On a local-node benchmark, Nucleus is also approximately 1.7x faster than Elixir. It is also important to note that, by default, Nucleus collects metrics about message handling times for observability, which runs on every message sent between actors. Elixir does not do this at all, but it seemed important to include it in the benchmark, given that this is what Osmium collects in production. These benchmarks were run on an Intel i7-10875H processor. Sources for these benchmarks can be found here and here.

Multi region data storage

If you and your friend are talking to each other directly on Osmium, and both of you are located in Europe, why should your message ever round-trip across continents?
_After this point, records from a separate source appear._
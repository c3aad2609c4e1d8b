// What the programs share: reading a file of the working folder, or any other input, into a buffer, the programs' large buffers, and the cases
// that the case programs read (`cases`).
#![tactic(auto)]

ghost use Rattle.files.specs.Counts.{IsPrefixLen};
ghost use Rattle.std.specs.Io.KnownBytes.{Consumes};
ghost use Rattle.std.specs.Prelude.{◌≡◌, length, take};

pub mod cases;

use std::fs::File;
use std::io::Read;
use std::rt::Files;
use std::str;

// Puts a file's bytes at the front of a buffer, as far as it goes, and says how many there are: none where the file cannot be read.
// A name that is not UTF-8 counts as that of no file, since std opens files by text alone.
pub fn read_file(rt: &impl Files, name: &[u8], buffer: &mut [u8]) -> usize
    ensures { IsPrefixLen result buffer.new }
{
    let Ok(path) = str::from_utf8(name) else {
        return 0;
    };
    match File::open(rt, path) {
        Ok(mut file) => read_full(&mut file, buffer),
        Err(_) => 0,
    }
}

// Reads until the buffer is full, the input ends or a read fails, and says how many bytes stand at the buffer's front. std's `read_exact` gives
// no count where the input ends, and its `read_to_end` wants a buffer that grows.
pub fn read_full<R: Read>(reader: &mut R, buffer: &mut [u8]) -> usize
    ensures in_bounds { IsPrefixLen result buffer.new }
    ensures bytes { Consumes (R.remaining reader.old) (R.remaining reader.new) (take result buffer.new) }
{
    let mut done = 0;
    while done < buffer.len() {
        match reader.read(&mut buffer[done..]) {
            Ok(0) | Err(_) => break,
            Ok(n) => done += n,
        }
    }
    done
}

// A large buffer of zeros. The contract gives only the length, which lending the buffer as a slice needs.
pub fn zeros<T: Copy + Default, const N: usize>() -> [T; N]
    ensures { N ≡ length result }
{
    [T::default(); N]
}

// One byte more than the longest set of eight tables. Of a longer file only these bytes are read, and the answer is that for the whole:
// tables are met from the front, and any byte after eight of them is refused.
pub fn set_bytes() -> [u8; 1024065]
    ensures { 1024065 ≡ length result }
{
    zeros()
}
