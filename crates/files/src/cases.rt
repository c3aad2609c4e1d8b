// The cases that the case programs read. A case is the set's length and the plan's, 32 bits each, low byte first, then the bytes of both.
ghost use Rattle.std.specs.Prelude.{◌≤◌, length, IfSome};

use crate::read_full;
use std::io::Read;

// How many bytes of a case's set and of its plan stand at the front of their buffers.
#[derive(Clone, Copy)]
pub struct Lengths {
    pub set: usize,
    pub plan: usize,
}

// Reads the next case into two buffers. There is none where the header is cut short, or where a buffer has no room; a body that is cut short
// leaves the rest of its part as it was.
pub fn next_case(input: &mut impl Read, set: &mut [u8], plan: &mut [u8]) -> Option<Lengths>
    ensures { IfSome result (λ case. (case.set ≤ length set.new) × (case.plan ≤ length plan.new)) }
{
    let mut header = [0; 8];
    if read_full(input, &mut header) < header.len() {
        return None;
    }
    // Of the 32 bits of a length the upper 16 are 0 in every case.
    let [set_low, set_high, _, _, plan_low, plan_high, _, _] = header;
    let case = Lengths {
        set: usize::from(u16::from_le_bytes([set_low, set_high])),
        plan: usize::from(u16::from_le_bytes([plan_low, plan_high])),
    };
    read_full(input, set.get_mut(..case.set)?);
    read_full(input, plan.get_mut(..case.plan)?);
    Some(case)
}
This is the reality of many, many apps today - companies host a single database in us-east1 and all your messages are stored there. This is not only bad for privacy and regulations, it’s also bad for latency. We are engineering Osmium in a way where your data will never leave your region, but is handled transparently, so your experience is unaffected. This however is not quite finished yet, and we will write a standalone blog post talking about it when the time comes.

Wrap up

We like building things from the ground up ourselves - it feels good to own such a large part of the stack and we are proud of what we built so far. We are also happy to be able to open-source Nucleus, the most basic building block that Osmium is built on. I hope you enjoyed reading this post.

Thank you for reading and I’ll see you on Osmium!